It is fair to say that, prior to going into hospital for an operation or medical procedure, the effectiveness of the lubricious coating on the medical device(s) involved is unlikely to pass through a patient’s mind. But, if such an intervention were to go ahead without this effective lubricious coating, they would certainly feel it when they came round afterwards, as Dr Clement Higginbotham, director of the Materials Research Institute at the Republic of Ireland’s Athlone Institute of Technology, makes clear.
"A key priority when it comes to lubricious coatings is wettability, because the more you can minimise tissue damage and patient trauma, the better," Higginbotham explains. "Plus, the greater the wettability, the more likelihood you have of reducing the need for extra procedures.
"It is about achieving a balance. The lubricious coating needs to be non-slippery when it is in the physician’s hand, but when it meets the aqueous environment inside the patient, it needs to become slippery as quickly as possible," he adds.
Wettable, lubricious hydrophilic and hydrophobic coatings have been around since the 1970s, and are arguably one of the key – yet unsung – medical device innovations of the past 40 years. Moreover, they are an integral element of one of the most rapidly expanding areas of the medical devices market, namely minimally invasive devices.
It stands to reason that insertable devices, such as catheters or guidewires, need to present as low-friction a surface as possible once inserted and exposed to blood and other body fluids, in order to reduce or prevent inflammation or injury, help to prevent infection, and minimise patient discomfort.

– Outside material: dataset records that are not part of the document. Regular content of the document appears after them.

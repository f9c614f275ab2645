//! Static values ("encoded_array_item").
ghost use Rattle.std.specs.Prelude.{◌+◌, ◌<◌, ◌^◌, List, IfOk, OnOk, IsOkUnless, length};
ghost use Rattle.dex_base.specs.Fault.{memory};
ghost use Rattle.dex_base.specs.Leb128.{Shortest};
ghost use Rattle.dex_value.specs.Spelling.{SpellsArray};
ghost use Rattle.dex_value.specs.Wide.{wide_array};
ghost use Rattle.file_layout.specs.Sections.{wide_all};
ghost use Rattle.file_layout.specs.inner.Sections.{is_empty_list, Laid};
ghost use Rattle.file_layout.specs.inner.Tiles.{AreShared};
ghost use Rattle.file_limits.specs.inner.Wide.{array_values};
ghost use Rattle.file_put.specs.inner.Arrays.{WritesArray};
ghost use Rattle.file_layout.specs.inner.Sharing.{UsesItem};
ghost use Rattle.program_types.specs.Content.{Program, Value};
ghost use Rattle.tables_names.specs.Closure.{AreRising, Five, NameRanks};
ghost use Rattle.tables_names.specs.Needed.{needed};
ghost use Rattle.file_strip.specs.inner.Keeping.{Keeps};
ghost use Rattle.file_strip.specs.inner.Moved.{AreMoved};
ghost use Rattle.file_strip.specs.inner.Statics.{AreCarriedStatics, IsCarriedStatics, WritesStatics};

use crate::class_words::class_words;
use crate::moved::Moved;
use dex_base::{Fault, are_bytes};
use dex_container::Sections;
use file_classes::word;
use file_put::Placed;
use file_renumber::{Numbers, renumber_array};
use std::alloc::Global;

/// Returns the new offset of the values at an old offset, which are appended unless equal ones are there; 0 if there are none.
fn add_array(
    alloc: Global,
    out: &mut Vec<u8>,
    moved: &mut Moved,
    numbers: &Numbers,
    sections: &Sections<'_>,
    off: u32,
) -> Result<u32, Fault>
    requires values { (s : Five) × (vs : List Value) × IsCarriedStatics sections.now numbers.now s off vs }
    requires room { length out.old.items < 2 ^ 32 }
    requires moved { AreMoved (WritesStatics sections.now numbers.now) moved.old.items moved.old.places }
    ensures ok { IfOk result (λ place. (s : Five) (vs : List Value) → IsCarriedStatics sections.now numbers.now s off vs
        → UsesItem is_empty_list (WritesArray s) 1 moved.old.items moved.new.items out.old.items out.new.items vs place) }
    ensures moved { OnOk result (AreMoved (WritesStatics sections.now numbers.now) moved.new.items moved.new.places) }
    ensures memory { IsOkUnless result memory }
{
    if off == 0 {
        return Ok(0);
    }
    if let Some(place) = moved.find(off) {
        return Ok(place);
    }
    let bytes = renumber_array(alloc, numbers, sections, off)?;
    are_bytes(&bytes);
    Ok(moved.put(out, off, bytes)?)
}

/// Appends the values that stood at these offsets.
fn place_arrays(
    alloc: Global,
    out: &mut Vec<u8>,
    numbers: &Numbers,
    sections: &Sections<'_>,
    offs: &[u32],
) -> Result<Placed, Fault>
    requires front { 0 < length out.old.items }
    requires arrays { (s : Five) × (arrays : List (List Value)) × AreCarriedStatics sections.now numbers.now s offs.now arrays × (length out.old.items + wide_all wide_array arrays < 2 ^ 32) }
    ensures ok { IfOk result (λ r. (s : Five) (arrays : List (List Value)) → AreCarriedStatics sections.now numbers.now s offs.now arrays
        → Laid is_empty_list (Shortest (SpellsArray (NameRanks s))) 1 wide_array out.old.items out.new.items arrays r.places.items r.items) }
    ensures once { IfOk result (λ r. (s : Five) (arrays : List (List Value)) → AreRising s → AreCarriedStatics sections.now numbers.now s offs.now arrays → AreShared r.places.items arrays) }
    ensures memory { IsOkUnless result memory }
{
    let mut moved = Moved::new(alloc, numbers.seed());
    let mut places = Vec::new(alloc);
    for off in offs {
        let place = add_array(alloc, out, &mut moved, numbers, sections, *off)?;
        places.push(place)?;
    }
    Ok(Placed {
        places,
        items: moved.items.count(),
    })
}

/// Appends the static values of each class that has some. Values that several classes refer to are read once, and equal ones
/// are written once.
///
/// It fails only when out of memory.
///
/// ```
/// let arrays = put_arrays(alloc, &mut out, &numbers, &sections)?;
/// ```
pub(crate) fn put_arrays(
    alloc: Global,
    out: &mut Vec<u8>,
    numbers: &Numbers,
    sections: &Sections<'_>,
) -> Result<Placed, Fault>
    requires front { 0 < length out.old.items }
    requires kept { (p : Program) × Keeps sections.now numbers.now p × (length out.old.items + wide_all wide_array (array_values p) < 2 ^ 32) }
    ensures ok { IfOk result (λ r. (p : Program) → Keeps sections.now numbers.now p
        → Laid is_empty_list (Shortest (SpellsArray (NameRanks (needed p)))) 1 wide_array out.old.items out.new.items (array_values p) r.places.items r.items) }
    ensures once { IfOk result (λ r. (p : Program) → Keeps sections.now numbers.now p → AreShared r.places.items (array_values p)) }
    ensures memory { IsOkUnless result memory }
{
    let offs = class_words(alloc, sections, word::STATIC_VALUES_OFF)?;
    Ok(place_arrays(alloc, out, numbers, sections, &offs)?)
}
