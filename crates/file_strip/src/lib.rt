//! A file without what its program doesn't need, from its rows: those that the classes mention are marked, with their parts; then each item
//! goes from bytes to bytes, with the numbers of the kept rows in place of the rows' indices, in its fewest bytes. No name is read, and
//! only offsets and the bytes of items are looked up: each item is read once, and equal results are written once.
//!
//! Laws say how small the tables of a file can be, and that no program is refused that another file could hold.
//!
//! ```text
//! let survey = visit_classes(alloc, seed, &sections)?; // which rows are needed, and how many bytes the items take at most
//! let small = strip_framed(alloc, seed, &sections)?; // the file of these, of a file that means a program
//! ```
//!
//! docs/MAP.md has this crate's place among the others.
#![tactic(auto)]

// What is needed, and how many bytes it takes at most.
mod members;
mod sizes;
mod survey;

// What the parts share: a word of each row of class_defs, and where an item of the file that came in stands in the new one.
mod class_words;
mod moved;

// The parts of the data section.
mod arrays;
mod codes;
mod datas;
mod lists;
mod texts;

// The rows of the tables.
mod class_defs;
mod tables;

// The whole file, and what every file of a program has at least.
mod least_laws;
mod stripping;

pub use least_laws::{needed_names_have_rows, no_refusal_in_vain, standing_codes_fit};
pub use stripping::strip_framed;
pub use survey::{Survey, visit_classes};
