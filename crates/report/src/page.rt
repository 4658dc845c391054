// A lent buffer that is written from its start on.
ghost use Rattle.std.specs.Prelude.{◌+◌, ◌≤◌, length};
ghost use Rattle.report.specs.Texts.{piece, row_text, Written};

use crate::row::columns;
use itoa::Buffer;
use settlement::Line;

// The buffer, and how many of its bytes are written.
// A `std::io::Cursor` would write a part of what does not fit, and answer a `Result` that says nothing here.
#[derive(Drop)]
pub(crate) struct Page<'a> {
    pub(crate) text: &'a mut [u8],
    pub(crate) at: usize,
}

impl Page<'_> {
    // Writes bytes after those that are written.
    pub(crate) fn put(&mut self, bytes: &[u8])
        requires { self.old.at + length bytes.now ≤ length self.old.text.now }
        ensures { Written self.old bytes.now self.new }
    {
        let next = self.at + bytes.len();
        self.text[self.at..next].copy_from_slice(bytes);
        self.at = next;
    }

    // Writes a number and the byte that ends it: the minus, the digits and the end, as `width` counts them.
    pub(crate) fn put_number(&mut self, number: i64, end: u8)
        requires { self.old.at + length (piece number end) ≤ length self.old.text.now }
        ensures { Written self.old (piece number end) self.new }
    {
        if number < 0 {
            self.put(b"-");
        }
        self.put(Buffer::new().format(number.unsigned_abs()).as_bytes());
        self.put(&[end]);
    }

    // Writes a line: its numbers with one space between them, and a line feed.
    // Not by a `Display`: a `fmt` promises its text only where it answers `Ok`, and never that it does where there is room.
    pub(crate) fn put_line(&mut self, line: &Line)
        requires { self.old.at + length (row_text line.now) ≤ length self.old.text.now }
        ensures { Written self.old (row_text line.now) self.new }
    {
        for (number, end) in columns(line) {
            self.put_number(number, end);
        }
    }
}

From the early days of lubricants, such as glycerine, silicone oil and even olive oil, technology has advanced swiftly, but the priority remains much the same – lubricity and durability, argues Higginbotham. Lubricious coatings will normally be water or solvent based and, in order to activate the chemical reactions, heat, UV, plasma or corona will normally be applied.
"The vast majority of lubricious coatings are on catheters, and they are most prevalent within the cardiovascular and urinary arenas," says Higginbotham.
Ophthalmology is another area where such coatings have proven extremely beneficial – in the delivery of intraocular lenses, for example, as the delivery cartridges used to place the lenses must employ slippery surfaces to reduce damage. Such coatings can also be beneficial in diagnostic devices, such as glucose meters, which may require a coated film component to ensure the liquid sample spreads evenly before it is inserted into a reader.
Lubricious coating selection
Device designers have a variety of synthetic and naturally derived coating systems to choose from when it comes to lubricious coatings, as well as different ways to bind them to the target substrate. Therefore, it stands to reason that the device material and type of additives used will be important considerations – as there can be a knock-on effect on coating adhesion and durability – and may be the difference between a hydrophilic coating adhering tightly or not at all.
Issues such as the coating’s antithrombogenicity, as well as its resistance to bacterial and protein attachment, are factors that need to be considered. Various combinations may also need to be tested, especially if the chemical interactions between the coating and drugs are not constant.
"Biocompatibility is an important consideration when looking to select the right lubricious coating. You need to try to start with polymers or monomers that you know are reasonably non-toxic," continues Higginbotham. "Ideally, you’d want them to be actively biocompatible – a biomaterial that takes an active part within the body in attaching cells, for example. Alternatively, it just needs to be inert."
The thickness of the coating is another important consideration. "There is a big focus among researchers on trying to develop thinner and thinner coatings, with monolayer coatings being the ultimate goal," says Higginbotham. "In fact, we may not be far off achieving monolayer coatings, as it is not that difficult to lay down mono layers.
"The ease of hydration is another significant factor to consider; how hydrophobic is it going to be, and how quickly is it going to take in water? How durable is it going to be is a vital consideration, and something that may require a lot of field testing; how easily, for example, does it come off if it is rubbed – that is, how does it react to friction testing?
"Other issues include the sterilisation of the coating: what is going to be the best way to sterilise it; how susceptible will it be to radiation damage? Ideally, you want to know this before you develop the coating, but often you will only be in a position to know this when it is on the device. A further consideration is also the substrate being used," explains Higginbotham.
Shaping the next generation of medical devices
"One of the big challenges for the future is the durability of the coating; there is a lot of research going on in this area, trying to improve durability and the speed at which a coating is able to hydrate," Higginbotham continues. "There is also a lot of focus on developing multifunctional coatings, so we will have a coating that is not just able to deal with infection, but is also able to be used
to deliver different drugs.
"Another interesting area for the future is the development of multifunctional coatings that can release several different drugs, which will do different things or release at different rates," he continues.
"So, you might be able to combine anti-inflammatory, antimicrobial and anti-infection properties into the same coating, which will help immensely in the treatment of the patient. You would also be able to target drugs at a particular area much more effectively.
"Nano coatings are also an area that is potentially exciting," he concludes. "There will be a nano layer or nano particles through which we can create stronger bonds between the substrate and the coating. There is a lot of work going on in this area."